[Dataset entries]
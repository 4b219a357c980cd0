// Answers other than success.
ghost use Rattle.std.specs.Prelude.{◌≡◌};
ghost use Rattle.texts.specs.Refusals.{refusal_number};

// The refusals, rows of the table "Answers other than success" and of the requests that amend it, in the order of their numbers.
#[derive(Clone, Copy, Debug, PartialEq, Eq)]
pub enum Refusal {
    Malformed,
    BadLength,
    UnknownVersion,
    UnknownField,
    NoRevision,
    Clash,
    WrongSize,
    BrokenRule,
    NotBudget,
    Impossible,
    NotLines,
    Undated,
    UnknownParty,
    BadCharge,
    BadPart,
    BadRegister,
    Differs,
    BadPayments,
    SameArrivals,
    Unfit,
}

impl From<Refusal> for u8 {
    ghost from_gives = { λ refusal n. n ≡ refusal_number refusal };

    fn from(refusal: Refusal) -> u8 {
        match refusal {
            Refusal::Malformed => 1,
            Refusal::BadLength => 2,
            Refusal::UnknownVersion => 3,
            Refusal::UnknownField => 4,
            Refusal::NoRevision => 5,
            Refusal::Clash => 6,
            Refusal::WrongSize => 7,
            Refusal::BrokenRule => 8,
            Refusal::NotBudget => 9,
            Refusal::Impossible => 10,
            Refusal::NotLines => 11,
            Refusal::Undated => 12,
            Refusal::UnknownParty => 13,
            Refusal::BadCharge => 14,
            Refusal::BadPart => 15,
            Refusal::BadRegister => 16,
            Refusal::Differs => 17,
            Refusal::BadPayments => 18,
            Refusal::SameArrivals => 19,
            Refusal::Unfit => 20,
        }
    }
}
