// Big-endian numbers.
ghost use Rattle.std.specs.Prelude.{◌≡◌, ◌<◌, ◌≤◌, ◌^◌};
ghost use Rattle.texts.specs.Numbers.{big, bytes_of};

// The number of N bytes, of up to eight.
pub fn number_of<const N: usize>(bytes: [u8; N]) -> u64
    ensures value { N ≤ 8 → result ≡ big bytes.entry }
    ensures bound { N ≤ 8 → result < 256 ^ N }
{
    let mut n: u64 = 0;
    for b in &bytes {
        n = n.wrapping_mul(256).wrapping_add(u64::from(*b));
    }
    n
}

// The N lowest bytes of a number.
pub fn bytes_of<const N: usize>(n: u64) -> [u8; N]
    ensures { result ≡ bytes_of N n }
{
    let mut bytes = [0; N];
    let mut rest = n;
    for k in 0..N {
        bytes[N - 1 - k] = (rest % 256) as u8;
        rest /= 256;
    }
    bytes
}
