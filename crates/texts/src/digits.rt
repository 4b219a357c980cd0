// Texts of digits, and the numbers that they are.
ghost use Rattle.std.specs.Prelude.{◌≡◌, ◌*◌, ◌≤◌, ◌<◌, ◌^◌, length};
ghost use Rattle.texts.specs.Texts.{every, digit, digits, digits_not_zero, digits_not_00, value_of, value, number, weighted, between};

use crate::comparisons::{all_are, begins_with};
use crate::parts::{at, part};

fn is_digit(b: u8) -> bool
    ensures { result ≡ digit b }
{
    b.is_ascii_digit()
}

fn all_digits(t: &[u8]) -> bool
    ensures { result ≡ every digit t.now }
{
    let mut good = true;
    for b in t {
        good = good & is_digit(*b);
    }
    good
}

pub fn has_digits(t: &[u8], n: usize) -> bool
    ensures { result ≡ digits n t.now }
{
    t.len() == n && all_digits(t)
}

pub fn has_digits_not_zero(t: &[u8], n: usize) -> bool
    ensures { result ≡ digits_not_zero n t.now }
{
    has_digits(t, n) && !all_are(t, b'0')
}

pub fn has_digits_not_00(t: &[u8], n: usize) -> bool
    ensures { result ≡ digits_not_00 n t.now }
{
    has_digits(t, n) && !begins_with(t, b"00")
}

pub fn digit_value(b: u8) -> u8
    ensures { (result ≡ value_of b) × (result ≤ 9) }
{
    if is_digit(b) { b - b'0' } else { 0 }
}

// The number that the digits of a short text make.
fn value_of(t: &[u8]) -> usize
    requires { length t.now ≤ 18 }
    ensures { (result ≡ value 0 t.now) × (result < 10 ^ length t.now) }
{
    let mut n: usize = 0;
    for b in t {
        n = n * 10 + usize::from(digit_value(*b));
    }
    n
}

// The number of N digits; the power of ten where the text is not so many.
pub fn number<const N: usize>(t: &[u8]) -> usize
    ensures value { N ≤ 18 → result ≡ number N t.now }
    ensures bound { N ≤ 18 → result ≤ 10 ^ N }
{
    if 18 < N {
        return 0;
    }
    if !has_digits(t, N) {
        return usize::pow(10, N as u32);
    }
    value_of(t)
}

// A digit times its weight.
fn weigh(weight: u8, b: u8) -> usize
    ensures { (result ≡ weight * value_of b) × (result ≤ 2295) }
{
    usize::from(weight) * usize::from(digit_value(b))
}

// The sum of a text's digits, each times its weight; 25 weights count, as many as a text has bytes.
pub fn weighted_sum(weights: &[u8], t: &[u8]) -> usize
    ensures { result ≡ weighted (between weights.now 0 25) t.now }
{
    let first = part(weights, 0, 25);
    let mut sum: usize = 0;
    for (i, weight) in first.iter().enumerate() {
        sum += weigh(*weight, at(t, i));
    }
    sum
}
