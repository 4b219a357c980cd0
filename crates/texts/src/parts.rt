// Parts of texts.
ghost use Rattle.std.specs.Prelude.{◌≡◌, get_or};
ghost use Rattle.texts.specs.Texts.{between};

// The byte at a place, 0 past the end.
pub fn at(t: &[u8], i: usize) -> u8
    ensures { result ≡ get_or t.now i 0 }
{
    t.get(i).copied().unwrap_or(0)
}

// The bytes from place a up to place e, as far as there are any.
pub fn part(t: &[u8], a: usize, e: usize) -> &[u8]
    ensures { result.now ≡ between t.now a e }
{
    if t.len() <= a {
        return &t[..0];
    }
    if e <= a {
        return &t[..0];
    }
    if t.len() <= e {
        return &t[a..];
    }
    &t[a..e]
}
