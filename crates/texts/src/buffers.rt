// Writing into a lent buffer.
ghost use Rattle.std.specs.Prelude.{◌≡◌};
ghost use Rattle.texts.specs.Working.Writing.{put_at, zeroed};

// Puts src into dst from place at on; where it does not fit, nothing changes.
pub fn put(dst: &mut [u8], at: usize, src: &[u8])
    ensures { dst.new ≡ put_at dst.old at src.now }
{
    if at <= dst.len() && src.len() <= dst.len() - at {
        for j in 0..src.len() {
            dst[at + j] = src[j];
        }
    }
}

// Makes every byte zero.
pub fn clear(dst: &mut [u8])
    ensures { dst.new ≡ zeroed dst.old }
{
    dst.fill(0);
}
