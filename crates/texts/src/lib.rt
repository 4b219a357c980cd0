// What every crate above uses: tests on byte texts, digits and big-endian numbers, writing into a lent buffer, the refusals. Each public
// function takes any arguments.
#![tactic(auto)]

pub mod answers;
pub mod buffers;
pub mod comparisons;
pub mod digits;
pub mod numbers;
pub mod parts;
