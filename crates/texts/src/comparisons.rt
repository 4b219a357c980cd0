// Comparing texts, and finding a number in a table.
ghost use Rattle.std.specs.Prelude.{◌≡◌};
ghost use Rattle.texts.specs.Texts.{same, starts_with, every, any, are};

pub fn equals(t: &[u8], u: &[u8]) -> bool
    ensures { result ≡ same t.now u.now }
{
    t == u
}

pub fn begins_with(t: &[u8], u: &[u8]) -> bool
    ensures { result ≡ starts_with t.now u.now }
{
    t.starts_with(u)
}

// Every byte is b.
pub fn all_are(t: &[u8], b: u8) -> bool
    ensures { result ≡ every (are b) t.now }
{
    t.iter().all(|x| *x == b)
}

// A number is one of a table's.
pub fn is_among<T: PartialEq + Copy>(x: T, l: &[T]) -> bool
    ensures { result ≡ any (λ y. T.eq y x) l.now }
{
    l.contains(&x)
}
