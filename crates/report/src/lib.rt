// Where the bits go: a report of numbers that is added to, payload by payload.
#![tactic(auto)]

mod counting; // counting.rt: the events of a payload
mod eights; // eights.rt: numbers of eight bytes
mod lines; // lines.rt: a name's line, and sums
mod places; // places.rt: where each number stands
mod stack; // stack.rt: the lines of the elements that are open

ghost use Rattle.std.specs.Prelude.{◌≡◌, [], ◌*◌, ◌/◌, ◌<◌, ◌≤◌, length};
ghost use Rattle.numbers.specs.Limit.{most_events, most_payload};
ghost use Rattle.report.specs.Eights.{bytes_of};
ghost use Rattle.report.specs.Places.{report_bytes};
ghost use Rattle.report.specs.Report.{at, adds};
ghost use Rattle.report.specs.Sums.{sum_of, numbers_in, events_in, accepts_in};
ghost use Rattle.report.specs.Answers.{bits_used, events_read, words_read};
ghost use Rattle.numbers.specs.Refused.{answered, number_of};

use counting::count_events;
use eights::{number, put_number};
use lines::plus;
use numbers::refusal::Refusal;
use places::Report;

// What was read of an accepted payload: how many bits it used, and the words of its events.
#[derive(Clone, Copy)]
pub struct Used<'a> {
    pub bits: u64,
    pub words: &'a [u32],
}

// What an accepted payload of so many bytes adds, of which it used so many bits; nothing where a number would pass.
#[tactic(auto, unfolding(crate::specs::Sums::accepts_in, crate::specs::Sums::and_then))]
fn accept(s: &mut Report, bytes: u64, bits: u64, words: &[u32]) -> Option<()>
    requires few { length words.now / 4 ≤ most_events }
    requires used { bits ≤ 8 * bytes }
    requires most { bytes ≤ most_payload }
    ensures { sum_of result s.new
        ≡ accepts_in bytes bits (events_in words.now 0 (length words.now / 4)) (numbers_in s.old) }
{
    plus(s, places::TOTAL_BITS, 8 * bytes)?;
    plus(s, places::MODE_BITS, 8)?;
    plus(s, places::PADDING_BITS, 8 * bytes - bits)?;
    plus(s, places::ANSWERED, 1)?;
    count_events(s, words)
}

// A payload that was accepted. Where a number passes, the report is again as it was, and has stopped.
fn add_accepted(report: &mut Report, bytes: u64, bits: u64, words: &[u32])
    requires few { length words.now / 4 ≤ most_events }
    requires used { bits ≤ 8 * bytes }
    requires most { bytes ≤ most_payload }
    requires goes { at (numbers_in report.old) 0 ≡ 0 }
    ensures { numbers_in report.new
        ≡ adds 0 bytes bits (events_in words.now 0 (length words.now / 4)) (numbers_in report.old) }
{
    let was = *report;
    if accept(report, bytes, bits, words).is_none() {
        *report = was;
        put_number(report, places::STOPPED, 1);
    }
}

// A payload that was refused. Every refusal has its place.
fn add_refused(report: &mut Report, why: Refusal)
    requires goes { at (numbers_in report.old) 0 ≡ 0 }
    ensures { numbers_in report.new ≡ adds (number_of why) 0 0 [] (numbers_in report.old) }
{
    let i = places::ANSWERED + why.number() as usize;
    match number(report, i).checked_add(1) {
        None => put_number(report, places::STOPPED, 1),
        Some(sum) => put_number(report, i, sum),
    }
}

// What the reading of a payload of so many bytes adds: of an accepted one the bits used and the events, else its refusal.
// A report that has stopped stays as it is. Never inlined, so that the rooms in which it counts do not stand in the frame
// from which a payload is read before.
#[inline(never)]
pub fn add(report: &mut [u8], bytes: u64, read: Result<Used<'_>, Refusal>)
    requires size { length report.old ≡ report_bytes }
    requires few { length (words_read read) / 4 ≤ most_events }
    requires used { bits_used read ≤ 8 * bytes }
    requires most { answered read ≡ 0 → bytes ≤ most_payload }
    ensures { report.new
        ≡ bytes_of (adds (answered read.entry) bytes (bits_used read.entry) (events_read read.entry) (numbers_in report.old)) }
{
    let Some(s) = report.as_mut_array() else {
        unreachable!()
    };
    if number(s, places::STOPPED) != 0 {
        return;
    }
    match read {
        Ok(used) => add_accepted(s, bytes, used.bits, used.words),
        Err(why) => add_refused(s, why),
    }
}
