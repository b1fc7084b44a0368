// Where each number of a report stands. specs/Places has the same words.
use numbers::limit;

pub type Report = [u8; limit::REPORT];

pub const STOPPED: usize = 0;

pub const TOTAL_BITS: usize = 1;

pub const MODE_BITS: usize = 2;

pub const PADDING_BITS: usize = 3;

pub const ANSWERED: usize = 4;
// The line of all names that have none.
pub const OTHER: usize = 68;

pub const FIRST_LINE: usize = 72;
// The numbers of a line: name, seen, own bits, blanked bits.
pub const LINE: usize = 4;
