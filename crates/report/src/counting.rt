// The events of a payload, counted in turn.
ghost use Rattle.std.specs.Prelude.{◌≡◌, [], ◌/◌, ◌<◌, ◌≤◌, length};
ghost use Rattle.numbers.specs.Limit.{most_events};
ghost use Rattle.report.specs.Report.{sort_of, line_for, open_after};
ghost use Rattle.report.specs.Sums.{sum_of, numbers_in, sort_is, events_in, counted_in, counts_in};

use crate::lines::{Line, line_of, meet, plus};
use crate::places::Report;
use crate::stack::Stack;
use numbers::kind;

// What an event does: it begins an element, is one that was stepped over, ends one, or belongs to the one that is open.
#[derive(Clone, Copy)]
enum Sort {
    Begins,
    Blank,
    Ends,
    Inside,
}

#[tactic(auto, unfolding(crate::specs::Report::sort_of, crate::specs::Sums::sort_is))]
fn sort_of(kind: u32) -> Sort
    ensures { sort_is result ≡ sort_of kind }
{
    if kind == kind::START {
        return Sort::Begins;
    }
    if kind == kind::BLANK {
        return Sort::Blank;
    }
    if kind == kind::END {
        return Sort::Ends;
    }
    Sort::Inside
}

// The line that an event belongs to: its own element's, or that of the innermost element that is open.
#[tactic(auto, unfolding(crate::specs::Report::line_for, crate::specs::Sums::sort_is))]
fn line_for(s: &Report, stack: &Stack, sort: Sort, name: u64) -> Line
    ensures { result ≡ line_for (sort_is sort) name stack.now (numbers_in s.now) }
{
    match sort {
        Sort::Begins | Sort::Blank => line_of(s, name),
        Sort::Ends | Sort::Inside => stack.top(),
    }
}

// An event of a line: an element that begins or is stepped over has been seen, and the bits are its own or blanked.
#[tactic(auto, unfolding(crate::specs::Sums::counted_in, crate::specs::Sums::met_in, crate::specs::Sums::and_then, crate::specs::Sums::sort_is, crate::specs::Report::bits_to))]
fn count_event(s: &mut Report, line: Line, sort: Sort, name: u64, bits: u64) -> Option<()>
    ensures { sum_of result s.new ≡ counted_in (sort_is sort) name bits line (numbers_in s.old) }
{
    match sort {
        Sort::Begins => {
            meet(s, line, name)?;
            plus(s, line.place() + 2, bits)
        }
        Sort::Blank => {
            meet(s, line, name)?;
            plus(s, line.place() + 3, bits)
        }
        Sort::Ends | Sort::Inside => plus(s, line.place() + 2, bits),
    }
}

// The stack of open elements' lines after an event.
#[tactic(auto, unfolding(crate::specs::Report::open_after, crate::specs::Sums::sort_is))]
fn open_after(stack: &mut Stack, sort: Sort, line: Line)
    requires { length stack.old < most_events }
    ensures { stack.new ≡ open_after (sort_is sort) line stack.old }
{
    match sort {
        Sort::Begins => stack.push(line),
        Sort::Ends => stack.pop(),
        Sort::Blank | Sort::Inside => {}
    }
}

// The events of words, four words each, in turn.
pub fn count_events(s: &mut Report, words: &[u32]) -> Option<()>
    requires { length words.now / 4 ≤ most_events }
    ensures { sum_of result s.new ≡ counts_in (events_in words.now 0 (length words.now / 4)) [] (numbers_in s.old) }
{
    let (events, _) = words.as_chunks::<4>();
    let mut stack = Stack::new();
    for &[kind, name, _, bits] in events {
        let sort = sort_of(kind);
        let name = u64::from(name);
        let bits = u64::from(bits);
        let line = line_for(s, &stack, sort, name);
        count_event(s, line, sort, name, bits)?;
        open_after(&mut stack, sort, line);
    }
    Some(())
}
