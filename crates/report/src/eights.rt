// The numbers of a report's bytes, of 8 big-endian bytes each.
ghost use Rattle.std.specs.Prelude.{◌≡◌, ◌+◌, ◌*◌, ◌<◌, length, set};
ghost use Rattle.std.proofs.lemmas.List.Edits.{sets};
ghost use Rattle.report.specs.Eights.{number_from, eight};
ghost use Rattle.report.specs.Places.{numbers};
ghost use Rattle.report.specs.Report.{at};
ghost use Rattle.report.specs.Sums.{numbers_in};

use crate::places::Report;
use buffers::word;

// The number of the eight bytes from a place on. By its halves, the compiler sees that it is one load, whatever is then done with the number.
fn load(s: &[u8], p: usize) -> u64
    requires { p + 7 < length s.now }
    ensures { result ≡ number_from s.now p }
{
    let high = u64::from(word(s, p));
    let low = u64::from(word(s, p + 4));
    high * 4294967296 + low
}

// A number as eight bytes from a place on.
fn store(s: &mut [u8], p: usize, n: u64)
    requires { p + 7 < length s.old }
    ensures { s.new ≡ sets s.old p (eight n) }
{
    s[p..p + 8].copy_from_slice(&n.to_be_bytes());
}

// The number at an index of a report.
pub fn number(s: &Report, i: usize) -> u64
    requires { i < numbers }
    ensures { result ≡ at (numbers_in s.now) i }
{
    load(s, 8 * i)
}

// A number stored at an index of a report.
pub fn put_number(s: &mut Report, i: usize, n: u64)
    requires { i < numbers }
    ensures { numbers_in s.new ≡ set (numbers_in s.old) i n }
{
    store(s, 8 * i, n);
}
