// The lines of a report: which one is a name's, and what is added to it.
ghost use Rattle.std.specs.Prelude.{◌≡◌, ◌+◌, ◌*◌, ◌<◌};
ghost use Rattle.report.specs.Places as place;
ghost use Rattle.report.specs.Places.{numbers, other, first_line, lines, line_numbers};
ghost use Rattle.report.specs.Report.{line_of, named};
ghost use Rattle.report.specs.Sums as sums;
ghost use Rattle.report.specs.Sums.{put, sum_of, numbers_in};

use crate::eights::{number, put_number};
use crate::places;
use crate::places::Report;
use numbers::limit;
use std::marker::Model;

// A line by its number, the first of which is the line of all names that have none. A clause sees where its numbers begin.
#[derive(Clone, Copy)]
pub struct Line {
    number: u32,
}

impl Model for Line {
    ghost use Rattle.std.specs.Prelude.{ℕ, ◌+◌, ◌-◌, ◌*◌, ◌/◌, ◌≤◌};
    ghost use Rattle.report.specs.Places.{other, lines, line_numbers};

    ghost Value = { ℕ };

    ghost view = { λ l. other + line_numbers * l.number };

    ghost invariant = { λ l. l.number ≤ lines };

    ghost inverse = { λ i. record { number = (i - other) / line_numbers } };
}

impl Line {
    // The line of all names that have none.
    pub fn other() -> Line
        ensures { result ≡ other }
    {
        Line { number: 0 }
    }

    // The k-th of the lines of names.
    fn of_names(k: usize) -> Line
        requires { k < lines }
        ensures { result ≡ first_line + line_numbers * k }
    {
        Line {
            number: k as u32 + 1,
        }
    }

    // Where its numbers begin.
    pub fn place(self) -> usize
        ensures is { result ≡ self }
        ensures line { sums.Line result }
    {
        places::OTHER + places::LINE * self.number as usize
    }
}

// Adds to a number, unless it would pass.
#[tactic(auto, unfolding(crate::specs::Sums::put))]
pub fn plus(s: &mut Report, i: usize, n: u64) -> Option<()>
    requires { i < numbers }
    ensures { sum_of result s.new ≡ put i n (numbers_in s.old) }
{
    let sum = number(s, i).checked_add(n)?;
    put_number(s, i, sum);
    Some(())
}

// The line of a name: the first that is free or has it, else the line of all others.
pub fn line_of(s: &Report, name: u64) -> Line
    ensures { result ≡ line_of (numbers_in s.now) name }
{
    for k in 0..limit::REPORT_LINES {
        let i = places::FIRST_LINE + places::LINE * k;
        if number(s, i + 1) == 0 || number(s, i) == name {
            return Line::of_names(k);
        }
    }
    Line::other()
}

// A line found for a name has it, and has been seen once more.
#[tactic(auto, unfolding(crate::specs::Report::named))]
pub fn meet(s: &mut Report, line: Line, name: u64) -> Option<()>
    ensures { sum_of result s.new ≡ put (place.seen line) 1 (named line name (numbers_in s.old)) }
{
    let i = line.place();
    if i != places::OTHER {
        put_number(s, i, name);
    }
    plus(s, i + 1, 1)
}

WHAT TO DO. Every line from the one containing "pub fn meet(s: &mut" through the last line of the entries above must be output exactly. Leave the rest out.

EXERCISE SOLUTION.
pub fn meet(s: &mut Report, line: Line, name: u64) -> Option<()>
    ensures { sum_of result s.new ≡ put (place.seen line) 1 (named line name (numbers_in s.old)) }
{
    let i = line.place();
    if i != places::OTHER {
        put_number(s, i, name);
    }
    plus(s, i + 1, 1)
}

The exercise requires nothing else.